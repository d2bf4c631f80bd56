//! Devices in memory, one that fails and one that returns false reads.
use crate::assertions::{assert_same, assert_shown};
use crate::devices::numbered_pages::page_of;
use crate::devices::saturated::WornDevice;
use crate::devices::steps::{assert_read_fails, assert_written, write};
use oai_device::{
    DeviceFault, FaultyDevice, FlippingDevice, MAX_FAILURES, MemoryDevice, PageDevice,
};

/// What was written is read, also where it was written over.
#[test]
fn memory_device(rt: HostRuntime) {
    let mut device = MemoryDevice::new(rt.alloc());
    write(&rt, &mut device, 0, 1);
    assert_written(&rt, &mut device, 0, 1);
    write(&rt, &mut device, 4_294_967_294, 2);
    write(&rt, &mut device, 0, 3);
    assert_written(&rt, &mut device, 0, 3);
    assert_written(&rt, &mut device, 4_294_967_294, 2);
    assert_same(&rt, device.faults(), 0);
}

/// The second call fails, and no other.
#[test]
fn faulty_device(rt: HostRuntime) {
    let mut device = FaultyDevice::new(MemoryDevice::new(rt.alloc()), 2);
    write(&rt, &mut device, 0, 1);
    assert_same(&rt, device.write(1, &page_of(2)), Err(DeviceFault::Failed));
    assert_same(&rt, device.faults(), 1);
    write(&rt, &mut device, 1, 2);
    assert_written(&rt, &mut device, 1, 2);
    assert_same(&rt, device.faults(), 1);
}

/// Reads are counted too, and with 0 no call fails.
#[test]
fn faulty_device_at_a_read(rt: HostRuntime) {
    let inner = FaultyDevice::new(MemoryDevice::new(rt.alloc()), 0);
    let mut device = FaultyDevice::new(inner, 2);
    write(&rt, &mut device, 0, 1);
    assert_read_fails(&rt, &mut device, 0);
    assert_written(&rt, &mut device, 0, 1);
    assert_same(&rt, device.faults(), 1);
}

/// A count of failures that stands at its last value stays there.
#[test]
fn last_count_of_failures(rt: HostRuntime) {
    let inner = WornDevice {
        inner: MemoryDevice::new(rt.alloc()),
    };
    let mut device = FaultyDevice::new(inner, 1);
    assert_same(&rt, device.write(0, &page_of(1)), Err(DeviceFault::Failed));
    assert_same(&rt, device.faults(), MAX_FAILURES);
    write(&rt, &mut device, 0, 1);
    assert_same(&rt, device.faults(), MAX_FAILURES);
}

/// The second read that succeeds has its first byte inverted, and no other.
#[test]
fn flipping_device(rt: HostRuntime) {
    let inner = FaultyDevice::new(MemoryDevice::new(rt.alloc()), 3);
    let mut device = FlippingDevice::new(inner, 2);
    write(&rt, &mut device, 0, 1);
    assert_written(&rt, &mut device, 0, 1);
    assert_read_fails(&rt, &mut device, 0);
    assert_same(&rt, device.faults(), 1);
    assert_written(&rt, &mut device, 0, 0xff01);
    assert_written(&rt, &mut device, 0, 1);
}

#[test]
fn texts_of_faults(rt: HostRuntime) {
    let alloc = rt.alloc();
    assert_shown(&rt, alloc, DeviceFault::Failed, "the device failed");
    assert_shown(&rt, alloc, DeviceFault::NoMemory, "out of memory");
}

::::::

WHAT NEEDS TO BE DONE:
In the entries above, find each line with the word "inner" and copy it.

ANSWER BOX:
    let inner = FaultyDevice::new(MemoryDevice::new(rt.alloc()), 0);
    let mut device = FaultyDevice::new(inner, 2);
    let inner = WornDevice {
        inner: MemoryDevice::new(rt.alloc()),
    let mut device = FaultyDevice::new(inner, 1);
    let inner = FaultyDevice::new(MemoryDevice::new(rt.alloc()), 3);
    let mut device = FlippingDevice::new(inner, 2);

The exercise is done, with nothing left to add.